PROBLEM - Some entries follow. Reproduce exactly the lines starting at the one with "SetKey → Bool)" and stopping after the one with "(descended (asked_of zones.now.zones".

Records from a data collection:
>>>

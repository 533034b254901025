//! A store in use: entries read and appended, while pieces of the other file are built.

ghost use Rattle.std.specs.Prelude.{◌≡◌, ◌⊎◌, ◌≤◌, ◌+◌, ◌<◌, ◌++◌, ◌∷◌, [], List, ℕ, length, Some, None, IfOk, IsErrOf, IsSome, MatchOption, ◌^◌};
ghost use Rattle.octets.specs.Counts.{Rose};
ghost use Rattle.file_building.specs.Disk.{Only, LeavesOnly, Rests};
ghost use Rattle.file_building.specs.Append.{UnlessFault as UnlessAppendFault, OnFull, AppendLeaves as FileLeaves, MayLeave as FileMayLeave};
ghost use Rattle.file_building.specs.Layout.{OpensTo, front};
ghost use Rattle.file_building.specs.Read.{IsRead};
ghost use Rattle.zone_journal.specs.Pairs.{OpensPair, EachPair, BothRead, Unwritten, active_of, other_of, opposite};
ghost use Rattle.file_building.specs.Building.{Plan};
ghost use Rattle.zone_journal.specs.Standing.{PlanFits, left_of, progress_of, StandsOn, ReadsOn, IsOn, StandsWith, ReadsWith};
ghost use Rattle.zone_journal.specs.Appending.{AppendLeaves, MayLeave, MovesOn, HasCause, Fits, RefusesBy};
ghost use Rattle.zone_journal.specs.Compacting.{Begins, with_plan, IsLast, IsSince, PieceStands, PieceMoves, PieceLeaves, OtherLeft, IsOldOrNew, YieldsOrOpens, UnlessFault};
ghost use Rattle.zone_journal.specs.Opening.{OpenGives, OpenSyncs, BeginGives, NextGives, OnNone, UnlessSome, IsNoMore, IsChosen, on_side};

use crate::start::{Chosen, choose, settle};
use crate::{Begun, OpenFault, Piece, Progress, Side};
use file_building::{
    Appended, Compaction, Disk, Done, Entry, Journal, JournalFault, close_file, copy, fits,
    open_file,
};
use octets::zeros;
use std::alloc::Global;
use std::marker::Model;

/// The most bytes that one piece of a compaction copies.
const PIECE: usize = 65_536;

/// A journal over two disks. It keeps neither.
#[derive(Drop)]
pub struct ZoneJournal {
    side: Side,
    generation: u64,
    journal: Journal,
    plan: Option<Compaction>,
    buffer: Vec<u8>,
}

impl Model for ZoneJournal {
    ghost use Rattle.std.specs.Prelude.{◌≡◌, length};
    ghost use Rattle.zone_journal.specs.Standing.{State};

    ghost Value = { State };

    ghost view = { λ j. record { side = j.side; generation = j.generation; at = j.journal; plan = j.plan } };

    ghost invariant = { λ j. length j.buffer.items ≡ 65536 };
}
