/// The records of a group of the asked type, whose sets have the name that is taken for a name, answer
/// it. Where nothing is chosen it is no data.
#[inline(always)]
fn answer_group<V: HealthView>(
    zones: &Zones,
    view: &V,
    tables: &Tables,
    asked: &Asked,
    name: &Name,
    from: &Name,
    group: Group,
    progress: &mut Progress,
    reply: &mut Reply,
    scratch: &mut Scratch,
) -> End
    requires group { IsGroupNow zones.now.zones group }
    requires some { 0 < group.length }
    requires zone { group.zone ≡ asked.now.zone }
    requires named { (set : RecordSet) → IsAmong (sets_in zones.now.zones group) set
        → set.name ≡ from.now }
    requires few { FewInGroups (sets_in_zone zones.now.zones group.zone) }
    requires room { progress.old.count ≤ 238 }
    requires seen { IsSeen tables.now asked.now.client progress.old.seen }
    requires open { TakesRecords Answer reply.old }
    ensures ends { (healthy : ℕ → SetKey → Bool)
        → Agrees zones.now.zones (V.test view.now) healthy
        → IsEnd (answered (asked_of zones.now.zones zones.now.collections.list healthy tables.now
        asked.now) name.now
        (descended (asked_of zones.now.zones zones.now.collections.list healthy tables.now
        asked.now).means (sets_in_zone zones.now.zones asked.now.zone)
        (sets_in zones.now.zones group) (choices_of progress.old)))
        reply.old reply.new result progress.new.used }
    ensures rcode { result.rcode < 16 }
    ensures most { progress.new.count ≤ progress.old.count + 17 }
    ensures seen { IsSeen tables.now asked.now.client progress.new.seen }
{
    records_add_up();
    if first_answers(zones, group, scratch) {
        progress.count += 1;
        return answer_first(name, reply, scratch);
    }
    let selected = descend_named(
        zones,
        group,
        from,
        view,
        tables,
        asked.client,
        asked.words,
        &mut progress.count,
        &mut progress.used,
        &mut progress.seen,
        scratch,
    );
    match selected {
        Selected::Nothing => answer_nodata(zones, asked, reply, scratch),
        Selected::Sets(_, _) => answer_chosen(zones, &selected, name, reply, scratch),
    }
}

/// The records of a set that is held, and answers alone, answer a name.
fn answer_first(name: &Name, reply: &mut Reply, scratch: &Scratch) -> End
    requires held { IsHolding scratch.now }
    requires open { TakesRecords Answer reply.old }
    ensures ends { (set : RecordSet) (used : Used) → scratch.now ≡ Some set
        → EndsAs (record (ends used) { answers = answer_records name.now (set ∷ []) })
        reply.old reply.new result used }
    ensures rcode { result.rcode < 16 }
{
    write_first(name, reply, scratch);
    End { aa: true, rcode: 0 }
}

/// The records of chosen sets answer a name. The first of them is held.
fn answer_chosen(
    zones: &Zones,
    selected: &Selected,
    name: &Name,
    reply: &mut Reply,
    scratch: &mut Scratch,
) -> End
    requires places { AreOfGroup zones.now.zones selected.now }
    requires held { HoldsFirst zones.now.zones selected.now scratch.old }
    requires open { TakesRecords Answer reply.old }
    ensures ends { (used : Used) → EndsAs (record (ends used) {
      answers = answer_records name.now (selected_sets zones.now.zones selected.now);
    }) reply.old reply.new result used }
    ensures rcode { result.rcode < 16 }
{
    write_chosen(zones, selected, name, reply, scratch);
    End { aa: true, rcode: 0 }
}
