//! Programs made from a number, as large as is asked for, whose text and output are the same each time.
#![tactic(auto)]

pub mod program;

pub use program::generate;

<<<

ANSWER BOX -
    ensures ends { (healthy : ℕ → SetKey → Bool)
        → Agrees zones.now.zones (V.test view.now) healthy
        → IsEnd (answered (asked_of zones.now.zones zones.now.collections.list healthy tables.now
        asked.now) name.now
        (descended (asked_of zones.now.zones zones.now.collections.list healthy tables.now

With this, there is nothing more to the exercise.